Replies are listed 'Best First'.
Re: Pattern Match n00b
by pc88mxer (Vicar) on Mar 14, 2008 at 20:43 UTC
    Doesn't the ;?? mean match semi-colon 0 or 1 times and be non-greedy?

    Yes, it does, but that's not what you want. You need the .+ to be non-greedy or else disallow semi-colons in your values:

    @{$pets} = $1 if $pet_list =~ /$some_variable\:(.*?)(;|\z)/; # or not allow ';' in values: @{$pets} = $1 if $pet_list =~ /$some_variable\:([^;]*)(;|\z)/;
    To make the matching more robust, you'll want to do something like this:
    @{$pets} = $1 if $pet_list =~ /(?:\A|;)\Q$some_variable\E\:([^;]*)(;|\ +z)/;
Re: Pattern Match n00b
by BrowserUk (Patriarch) on Mar 14, 2008 at 21:02 UTC
    Doesn't the ;?? mean match semi-colon 0 or 1 times and be non-greedy?
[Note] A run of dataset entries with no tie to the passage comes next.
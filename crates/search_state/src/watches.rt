//! Which clauses watch a literal.
ghost use Rattle.std.specs.Prelude.{◌≡◌, ℕ, ◌+◌, ◌<◌, [], ◌∷◌, ◌++◌, length, List, IfOk, OnOk, Some, slice_index_or, slice_get, slice_set};
ghost use Rattle.std.specs.List.{swap_remove};
ghost use Rattle.search_state.specs.Watches.{watchers_of, list_at, IsWritten, IsWrittenAt, ListsMore, WatchesMore, IsPut};
ghost use Rattle.sat_check.specs.declared.clause.Lit.{Lit as OneLit};
ghost use Rattle.search_state.specs.declared.watches.Watcher.{Watcher as OneWatcher};

use sat_check::Lit;
use std::alloc::{AllocError, Global};

/// A clause, by its number, and one of its literals: where that is true, the clause needs no look.
#[derive(Clone, Copy)]
pub struct Watcher {
    pub index: u32,
    pub blocker: Lit,
}

/// The two literals that a clause watches. Where they are one, it watches none: a literal of it is
/// true before any decision, or it was set aside.
#[derive(Clone, Copy)]
pub struct Pair {
    pub first: Lit,
    pub second: Lit,
    pub aside: bool,
}

/// For each variable the clauses that watch it, and those that watch its negation; and for each
/// clause the pair that it watches.
#[derive(Drop)]
pub struct Watches {
    pub positive: Vec<Vec<Watcher>>,
    pub negative: Vec<Vec<Watcher>>,
    pub pairs: Vec<Pair>,
}

impl Watches {
    pub fn new(alloc: Global, variables: u32) -> Result<Watches, AllocError>
        ensures positive { IfOk result (λ all. length all.positive.items ≡ variables) }
        ensures negative { IfOk result (λ all. length all.negative.items ≡ variables) }
        ensures pairs { IfOk result (λ all. all.pairs.items ≡ []) }
        ensures none { IfOk result (λ all. (lit : OneLit) → watchers_of all lit ≡ []) }
    {
        Ok(Watches {
            positive: no_lists(alloc, variables)?,
            negative: no_lists(alloc, variables)?,
            pairs: Vec::new(alloc),
        })
    }

    /// The clauses that watch the literal.
    pub fn of(&self, lit: Lit) -> &[Watcher]
        requires positive { lit.variable < length self.now.positive.items }
        requires negative { lit.variable < length self.now.negative.items }
        ensures { result.now ≡ watchers_of self.now lit }
    {
        if lit.positive {
            self.positive[lit.variable as usize].as_slice()
        } else {
            self.negative[lit.variable as usize].as_slice()
        }
    }

    /// One clause more watches the literal.
    pub fn push(&mut self, lit: Lit, watcher: Watcher) -> Result<(), AllocError>
        requires positive { lit.variable < length self.old.positive.items }
        requires negative { lit.variable < length self.old.negative.items }
        ensures { OnOk result (IsWritten self.old self.new lit (watchers_of self.old lit ++ watcher ∷ [])) }
    {
        if lit.positive {
            push_at(&mut self.positive, lit.variable, watcher)
        } else {
            push_at(&mut self.negative, lit.variable, watcher)
        }
    }

    // Lists the clause of that number under both literals of the pair, unless they are one.
    fn list(&mut self, index: u32, pair: Pair) -> Result<(), AllocError>
        requires first_positive { pair.first.variable < length self.old.positive.items }
        requires first_negative { pair.first.variable < length self.old.negative.items }
        requires second_positive { pair.second.variable < length self.old.positive.items }
        requires second_negative { pair.second.variable < length self.old.negative.items }
        ensures pairs { OnOk result (self.new.pairs.items ≡ self.old.pairs.items) }
        ensures lists { OnOk result (ListsMore self.old self.new index pair) }
    {
        if pair.first != pair.second {
            let first = Watcher {
                index,
                blocker: pair.second,
            };
            let second = Watcher {
                index,
                blocker: pair.first,
            };
            self.push(pair.first, first)?;
            self.push(pair.second, second)?;
        }
        Ok(())
    }

    /// The clause of that number, which is the next, watches the pair.
    pub fn watch(&mut self, index: u32, pair: Pair) -> Result<(), AllocError>
        requires first_positive { pair.first.variable < length self.old.positive.items }
        requires first_negative { pair.first.variable < length self.old.negative.items }
        requires second_positive { pair.second.variable < length self.old.positive.items }
        requires second_negative { pair.second.variable < length self.old.negative.items }
        ensures { OnOk result (WatchesMore self.old self.new index pair) }
    {
        self.list(index, pair)?;
        self.pairs.push(pair)?;
        Ok(())
    }

    /// The clause of that number watches the pair from now on.
    pub fn put(&mut self, index: u32, pair: Pair) -> Result<(), AllocError>
        requires first_positive { pair.first.variable < length self.old.positive.items }
        requires first_negative { pair.first.variable < length self.old.negative.items }
        requires second_positive { pair.second.variable < length self.old.positive.items }
        requires second_negative { pair.second.variable < length self.old.negative.items }
        requires index { index < length self.old.pairs.items }
        ensures { OnOk result (IsPut self.old self.new index pair) }
    {
        self.list(index, pair)?;
        self.pairs[index as usize] = pair;
        Ok(())
    }

    /// The clause of that number watches nothing from now on.
    pub fn rest(&mut self, index: u32, lit: Lit, aside: bool)
        requires { index < length self.old.pairs.items }
        ensures { IsPut self.old self.new index (record { first = lit; second = lit; aside = aside }) }
    {
        self.pairs[index as usize] = Pair {
            first: lit,
            second: lit,
            aside,
        };
    }

    /// The clause at that place no longer watches the literal, and the last takes its place.
    pub fn remove(&mut self, lit: Lit, place: usize)
        requires positive { lit.variable < length self.old.positive.items }
        requires negative { lit.variable < length self.old.negative.items }
        requires within { place < length (watchers_of self.old lit) }
        ensures { (last : OneWatcher) × IsWritten self.old self.new lit (swap_remove (watchers_of self.old lit) place last) }
    {
        if lit.positive {
            remove_at(&mut self.positive, lit.variable, place);
        } else {
            remove_at(&mut self.negative, lit.variable, place);
        }
    }

    /// The watcher at that place of the literal's list has this blocker from now on.
    pub fn block(&mut self, lit: Lit, place: usize, blocker: Lit)
        requires positive { lit.variable < length self.old.positive.items }
        requires negative { lit.variable < length self.old.negative.items }
        requires within { place < length (watchers_of self.old lit) }
        ensures { (watcher : OneWatcher) × (slice_get (watchers_of self.old lit) place ≡ Some watcher) × IsWritten self.old self.new lit (slice_set (watchers_of self.old lit) place (record { index = watcher.index; blocker = blocker })) }
    {
        if lit.positive {
            block_at(&mut self.positive, lit.variable, place, blocker);
        } else {
            block_at(&mut self.negative, lit.variable, place, blocker);
        }
    }
}

fn push_at(lists: &mut Vec<Vec<Watcher>>, place: u32, watcher: Watcher) -> Result<(), AllocError>
    requires { place < length lists.old.items }
    ensures { OnOk result (IsWrittenAt lists.old.items lists.new.items place (list_at lists.old.items place ++ watcher ∷ [])) }
{
    lists[place as usize].push(watcher)?;
    Ok(())
}

fn remove_at(lists: &mut Vec<Vec<Watcher>>, list: u32, place: usize)
    requires list { list < length lists.old.items }
    requires within { place < length (list_at lists.old.items list) }
    ensures { (last : OneWatcher) × IsWrittenAt lists.old.items lists.new.items list (swap_remove (list_at lists.old.items list) place last) }
{
    let _watcher = lists[list as usize].swap_remove(place);
}

fn block_at(lists: &mut Vec<Vec<Watcher>>, list: u32, place: usize, blocker: Lit)
    requires list { list < length lists.old.items }
    requires within { place < length (list_at lists.old.items list) }
    ensures { (watcher : OneWatcher) × (slice_get (list_at lists.old.items list) place ≡ Some watcher) × IsWrittenAt lists.old.items lists.new.items list (slice_set (list_at lists.old.items list) place (record { index = watcher.index; blocker = blocker })) }
{
    lists[list as usize][place].blocker = blocker;
}

fn no_lists(alloc: Global, variables: u32) -> Result<Vec<Vec<Watcher>>, AllocError>
    ensures len { IfOk result (λ lists. length lists.items ≡ variables) }
    ensures none { IfOk result (λ lists. (place : ℕ) → list_at lists.items place ≡ []) }
{
    let mut lists = Vec::with_capacity(alloc, variables as usize)?;
    for _made in 0..variables {
        lists.push(Vec::new(alloc))?;
    }
    Ok(lists)
}
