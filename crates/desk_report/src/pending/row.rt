//! The row of a pair that waits.
ghost use Rattle.std.specs.Prelude.{◌≡◌, ◌≢◌, true, Err, IfOk};
ghost use Rattle.desk_register.specs.View.{IfTrusted, IsRead};
ghost use Rattle.desk_report.specs.Pending.{IsPendingRow, cash_lacking, lacking_of, securities_lacking};
ghost use Rattle.desk_report.specs.PendingReading.{IsWaitingPair, row_with, side_with};

use crate::pending::pair::{Leg, WaitingPair, waiting_pair};
use crate::rows::pending::{PendingPair, Side};
use desk_msg::Reason;
use desk_register::{Fault, Register, Stage};
use desk_rules::{Instructed, Place};
use std::alloc::Global;

/// How much of the security is lacking on the deliverer's account.
fn securities_lacking<R: Register>(
    alloc: Global,
    register: &mut R,
    delivery: &Instructed,
) -> Result<u64, Fault>
    requires stage { (R.view register.old).stage ≡ Stage.Idle }
    ensures value { IfTrusted (R.view register.old) (R.view register.new) (IfOk result (λ lacking. lacking ≡ securities_lacking (R.view register.old).content delivery.now)) }
    ensures read { IsRead result (R.view register.old) (R.view register.new) }
    ensures in_memory { R.in_memory ≡ true → result ≢ Err Fault.Memory }
{
    let instruction = &delivery.instruction;
    let held = register.position(alloc, instruction.account, instruction.isin)?;
    Ok(instruction.quantity.saturating_sub(held))
}

/// How much cash the receiver has too little of, in minor units.
fn cash_lacking<R: Register>(
    alloc: Global,
    register: &mut R,
    receipt: &Instructed,
) -> Result<u64, Fault>
    requires stage { (R.view register.old).stage ≡ Stage.Idle }
    ensures value { IfTrusted (R.view register.old) (R.view register.new) (IfOk result (λ lacking. lacking ≡ cash_lacking (R.view register.old).content receipt.now.sender receipt.now.instruction.cash)) }
    ensures read { IsRead result (R.view register.old) (R.view register.new) }
    ensures in_memory { R.in_memory ≡ true → result ≢ Err Fault.Memory }
{
    let Some(cash) = receipt.instruction.cash else {
        return Ok(0);
    };
    let held = register.cash(alloc, receipt.sender, cash.ccy)?;
    Ok(cash.amount.saturating_sub(held))
}

/// How much is lacking now of what the last try found too little of; None where no run has tried the pair.
fn lacking_now<R: Register>(
    alloc: Global,
    register: &mut R,
    reason: Reason,
    delivery: &Instructed,
    receipt: &Instructed,
) -> Result<Option<u64>, Fault>
    requires stage { (R.view register.old).stage ≡ Stage.Idle }
    ensures value { IfTrusted (R.view register.old) (R.view register.new) (IfOk result (λ lacking. lacking ≡ lacking_of (R.view register.old).content reason delivery.now receipt.now)) }
    ensures read { IsRead result (R.view register.old) (R.view register.new) }
    ensures in_memory { R.in_memory ≡ true → result ≢ Err Fault.Memory }
{
    match reason {
        Reason::Future => Ok(None),
        Reason::Lack => Ok(Some(securities_lacking(alloc, register, delivery)?)),
        Reason::Money => Ok(Some(cash_lacking(alloc, register, receipt)?)),
    }
}

/// A side of a row.
fn side_of(leg: &Leg) -> Side
    ensures { result ≡ side_with leg.now }
{
    Side {
        number: leg.number,
        bic: leg.instructed.sender,
        reference: leg.instructed.instruction.reference,
        account: leg.instructed.instruction.account,
        is_cancel_requested: leg.standing.cancel_requested,
    }
}

/// The row of a pair, of which so much is lacking.
fn row_of(pair: &WaitingPair, lacking: Option<u64>) -> PendingPair
    ensures { result ≡ row_with pair.now lacking }
{
    let terms = &pair.later.instruction;
    PendingPair {
        day: terms.day,
        reason: pair.reason,
        lacking,
        isin: terms.isin,
        kind: terms.kind,
        quantity: terms.quantity,
        cash: terms.cash,
        deliverer: side_of(&pair.deliverer),
        receiver: side_of(&pair.receiver),
    }
}

/// The row of the matched pair of a place.
pub fn pending_pair<R: Register>(
    alloc: Global,
    register: &mut R,
    place: Place,
) -> Result<PendingPair, Fault>
    requires stage { (R.view register.old).stage ≡ Stage.Idle }
    requires known { IfTrusted (R.view register.old) (R.view register.old) (IsWaitingPair (R.view register.old).content place) }
    ensures value { IfTrusted (R.view register.old) (R.view register.new) (IfOk result (λ row. IsPendingRow (R.view register.old).content place row)) }
    ensures read { IsRead result (R.view register.old) (R.view register.new) }
    ensures in_memory { R.in_memory ≡ true → result ≢ Err Fault.Memory }
{
    let pair = waiting_pair(alloc, register, place)?;
    let lacking = lacking_now(
        alloc,
        register,
        pair.reason,
        &pair.deliverer.instructed,
        &pair.receiver.instructed,
    )?;
    Ok(row_of(&pair, lacking))
}
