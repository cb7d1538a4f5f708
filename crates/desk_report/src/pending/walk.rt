//! The walk over the pairs that wait.
ghost use Rattle.std.specs.Prelude.{◌≡◌, ◌≢◌, true, false, codes, Err, IfOk, IsOk};
ghost use Rattle.desk_register.specs.View.{IfTrusted, IsRead};
ghost use Rattle.desk_register.specs.Ends.{at_register};
ghost use Rattle.desk_engine.specs.Ready.{IsReady};
ghost use Rattle.desk_book.specs.RowByRow.{WritesText};
ghost use Rattle.desk_report.specs.Pending.{IsPendingText};
ghost use Rattle.desk_report.specs.PendingReading.{AreDated, IsPairAfter, IsWaitingPair, WritesPair};

use crate::format::Format;
use crate::pending::row::pending_pair;
use crate::rows::writing::write_pending_pair;
use desk_codes::Day;
use desk_msg::SinkFault;
use desk_register::{Fault, Register, Stage, WalkFault};
use desk_rules::Place;
use desk_streams::Sink;
use std::alloc::Global;

/// 31 December 9999, after which there is no day.
fn last_day() -> Day
    ensures { result ≡ codes "99991231" }
{
    Day::read(b"99991231").unwrap()
}

/// The place of the first matched pair after one, or of the first of all; None where there is none.
fn next_pair<R: Register>(
    alloc: Global,
    register: &mut R,
    last: Option<Place>,
) -> Result<Option<Place>, Fault>
    requires stage { (R.view register.old).stage ≡ Stage.Idle }
    requires dated { IfTrusted (R.view register.old) (R.view register.old) (AreDated (R.view register.old).content) }
    ensures next { IfTrusted (R.view register.old) (R.view register.new) (IfOk result (λ next. IsPairAfter (R.view register.old).content last next)) }
    ensures read { IsRead result (R.view register.old) (R.view register.new) }
    ensures in_memory { R.in_memory ≡ true → IsOk result }
{
    register.due_pair_after(alloc, last_day(), last)
}

/// Writes the row of the matched pair of a place.
fn write_pair<R: Register, W: Sink>(
    alloc: Global,
    register: &mut R,
    format: Format,
    place: Place,
    is_later: bool,
    writer: &mut W,
) -> Result<(), WalkFault>
    requires stage { (R.view register.old).stage ≡ Stage.Idle }
    requires known { IfTrusted (R.view register.old) (R.view register.old) (IsWaitingPair (R.view register.old).content place) }
    ensures written { format ≡ Format.Json → IfTrusted (R.view register.old) (R.view register.new) (WritesPair (R.view register.old).content place is_later result (W.contents writer.old) (W.contents writer.new)) }
    ensures read { IsRead (at_register result) (R.view register.old) (R.view register.new) }
    ensures in_memory { R.in_memory ≡ true → result ≢ Err WalkFault.Memory }
    ensures unwritten { result ≡ Err (WalkFault.Sink SinkFault.Write) → W.may_fail ≡ true }
{
    let row = pending_pair(alloc, register, place)?;
    write_pending_pair(alloc, format, &row, is_later, writer)
}

/// Writes the rows of the pairs that wait for their settlement, in order of settlement day and number, each as soon as it is
/// read: as JSON with a comma between two, or in lines of text, of which nothing is promised. For a register that keeps the
/// tables of an open desk. Only reading calls are made, six at most for each row and two more, and no row is kept.
///
/// Sink: the writer failed, or memory was wanting for a row. Memory and Storage: a call of the register failed, or, Storage, a
/// store does not show what it holds: where a place has no matched pair, or where there are more pairs than entries. After an
/// `Err` what was written, if anything, is a front of the rows; where the writer failed, nothing is said of it.
pub fn write_pending<R: Register, W: Sink>(
    alloc: Global,
    register: &mut R,
    format: Format,
    writer: &mut W,
) -> Result<(), WalkFault>
    requires ready { IsReady false (R.view register.old) }
    ensures written { format ≡ Format.Json → IfTrusted (R.view register.old) (R.view register.new) (WritesText (IsPendingText (R.view register.old).content) result (W.contents writer.old) (W.contents writer.new)) }
    ensures read { IsRead (at_register result) (R.view register.old) (R.view register.new) }
    ensures in_memory { R.in_memory ≡ true → result ≢ Err WalkFault.Memory }
    ensures unwritten { result ≡ Err (WalkFault.Sink SinkFault.Write) → W.may_fail ≡ true }
{
    let count = register.count(alloc)?;
    let mut last = None;
    'pairs: for _told in 0..count {
        let Some(place) = next_pair(alloc, register, last)? else {
            return Ok(());
        };
        write_pair(alloc, register, format, place, last.is_some(), writer)?;
        last = Some(place);
    }
    // there are fewer pairs than entries
    match next_pair(alloc, register, last)? {
        None => Ok(()),
        Some(_) => Err(WalkFault::Storage),
    }
}
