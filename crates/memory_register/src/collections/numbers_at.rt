//! The numbers that came at each key, one behind another.
ghost use Rattle.std.specs.Prelude.{◌≡◌, ◌++◌, ◌∷◌, [], if◌then◌else◌, slice_get, OnOk, OnErr};
ghost use Rattle.std.specs.Ordering.{is_eq};
ghost use Rattle.memory_register.specs.NumbersAt.{numbers_at, without_last};

use std::alloc::AllocError;
use std::collections::BTreeMap;

/// The numbers that came at a key.
pub fn numbers_at<'a, K: Ord + Copy>(numbers: &'a BTreeMap<K, Vec<u64>>, key: &K) -> &'a [u64]
    ensures { result.now ≡ numbers_at K.cmp numbers.now key.now }
{
    match numbers.get(key) {
        Some(found) => found.as_slice(),
        None => &[],
    }
}

/// The number behind so many others.
pub fn number_behind(numbers: &[u64], before: u64) -> Option<u64>
    ensures { result ≡ slice_get numbers.now before }
{
    numbers.get(before as usize).copied()
}

/// Puts a number behind those of a key.
pub fn push_number<K: Ord + Copy>(
    numbers: &mut BTreeMap<K, Vec<u64>>,
    key: K,
    number: u64,
) -> Result<(), AllocError>
    ensures pushed { OnOk result ((q : K) → numbers_at K.cmp numbers.new q ≡ (if is_eq (K.cmp key q) then numbers_at K.cmp numbers.old q ++ number ∷ [] else numbers_at K.cmp numbers.old q)) }
    ensures err { OnErr result ((q : K) → numbers_at K.cmp numbers.new q ≡ numbers_at K.cmp numbers.old q) }
{
    numbers.entry(key)?.or_default().push(number)?;
    Ok(())
}

/// Takes off the last number of a key. No memory is taken.
pub fn pop_number<K: Ord + Copy>(numbers: &mut BTreeMap<K, Vec<u64>>, key: &K)
    ensures { (q : K) → numbers_at K.cmp numbers.new q ≡ (if is_eq (K.cmp key.now q) then without_last (numbers_at K.cmp numbers.old q) else numbers_at K.cmp numbers.old q) }
{
    if let Some(found) = numbers.get_mut(key) {
        let _ = found.pop();
    }
}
    It does, but it only makes that part of the match non-greedy. The (.+) remains greedy.

    But if you make that part non-greedy, then you will be asking to capture as little as possible following the ':', that might or might not be followed by a ';'. Which means it will capture just a single character.

    A couple of ways to approach the problem:

    1. Make capture non-greedy and have a definite terminating condition:/$some_variable\:(.+?)(?:;|$)/

      Where (?:;|$) requires a semicolon or the end-of-string, (prefering the former) to terminate the capture.

    2. Or as you know the bit you want to capture cannot contain a ';', reduce the scope of the capture using [^;]+ in place of '.' and omit the terminator.
      /$some_variable\:([^;]+)/

    Either works:

    $pet_list = 'dog:boston.terrier;cat:orange.tabby';; $pets=[]; $pet_list =~ /$_\:(.+?)(?:;|$)/ and push @{$pets},$1 for qw[cat dog]; print for @{$pets};; orange.tabby boston.terrier $pets=[]; $pet_list =~ /$_\:([^;]+)/ and push @{$pets},$1 for qw[cat dog]; print for @{$pets};; orange.tabby boston.terrier

    Examine what is said, not who speaks -- Silence betokens consent -- Love the truth but pardon error.
    "Science is about questioning the status quo. Questioning authority".
    In the absence of evidence, opinion is indistinguishable from prejudice.
Re: Pattern Match n00b
by skirnir (Monk) on Mar 14, 2008 at 20:59 UTC
    No, to make the .+ part non-greedy you'd have to place the '?' directly after the "+":

    @{$pets} = $1 if $pet_list =~ /$some_variable\:(.+?);?/;

    But as the ';' is optional, the non-greedy match would stop matching after the first non-newline character. In your example you would get "b" in $1. It's best not to use "." if you don't really mean "any non-newline character". In your case I think [^;] would be the right thing to use, given that I understood properly what you want to do.
Re: Pattern Match n00b
by jeroenes (Priest) on Mar 14, 2008 at 21:27 UTC
    You could go splitting instead. Nested splits on ; and : could work. Or you could do it all in one statement with SuperSplit:

    $array=supersplit(':',';',$mystring);

    provided that the (semi)colons are true delimiters.

    Cheers,
    Jeroen

    Couldn't resist the temptation after all those years ;-)